Germany sends medical experts to Portugal as hospitals face COVID-19 crisis

Medical personnel in ambulances with COVID-19 patients wait in the queue at Santa Maria hospital, amid the coronavirus disease (COVID-19) pandemic in Lisbon, Portugal

Hospitals in Lisbon flooded with COVID-19 patients are at risk of failing to meet soaring demand for oxygen, the head of Portugal’s doctors association said as Germany sent military medics to the country to evaluate how they can help.

Portugal, with a confirmed total of 668,951 cases and 11,305 deaths including a record 293 dead on Wednesday, is struggling to handle a record surge in infections.
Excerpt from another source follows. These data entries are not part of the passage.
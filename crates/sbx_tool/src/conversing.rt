//! A run's standard streams, as a conversation ([`cmd_files::Hearer`], [`cmd_files::Speaker`]): what was put out is
//! there to be read before an answer to it is waited for. What is left at the end goes on by the job's own flush,
//! and where a job stops before it, as the writer is dropped.
use crate::files::done_on;
use cmd_command::CommandStop;
use cmd_files::{Hearer, Speaker};
use cmd_words::Job;
use std::cell::RefCell;
use std::io::{BufReader, LineWriter};

/// Does a job on the file at `path`, in conversation over standard input and standard output.
pub fn converse(rt: &HostRuntime, job: &Job<'_>, path: &str) -> Result<u8, CommandStop> {
    let input = match BufReader::new(rt.alloc(), rt.stdin()) {
        Ok(input) => input,
        Err(error) => return Err(CommandStop::of(&error, CommandStop::Input)),
    };
    let out = match LineWriter::new(rt.alloc(), rt.stdout()) {
        Ok(out) => out,
        Err(error) => return Err(CommandStop::of(&error, CommandStop::Output)),
    };
    let out = RefCell::new(out);
    let mut hearer = Hearer::new(input, &out);
    let mut speaker = Speaker::new(&out);
    done_on(rt, job, path, &mut hearer, &mut speaker)
}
Hospitals are using two-thirds of their intensive care beds for COVID-19 patients and military hospitals are converting cafeterias into wards.

More than 20 ambulances with COVID-19 patients queued outside Portugal’s largest hospital, the Santa Maria in Lisbon, on Wednesday evening as they waited for beds to become available, according to a Reuters witness.

The hospital is struggling to cope with the number of patients and a spokesman said it only has one bed left in its COVID-19 ICU and around 10 on the ward.

Portugal fared better than other European countries in the first wave of the pandemic but now has the world’s highest seven-day average of new daily cases and deaths per million inhabitants.

On Tuesday night, 53 patients were transferred from Lisbon’s Fernando Fonseca Hospital to avert a collapse of its oxygen system. Another 32 were to be transferred on Wednesday to three other hospitals, Fernando Fonseca Hospital chief nurse Rui Santos told a news conference.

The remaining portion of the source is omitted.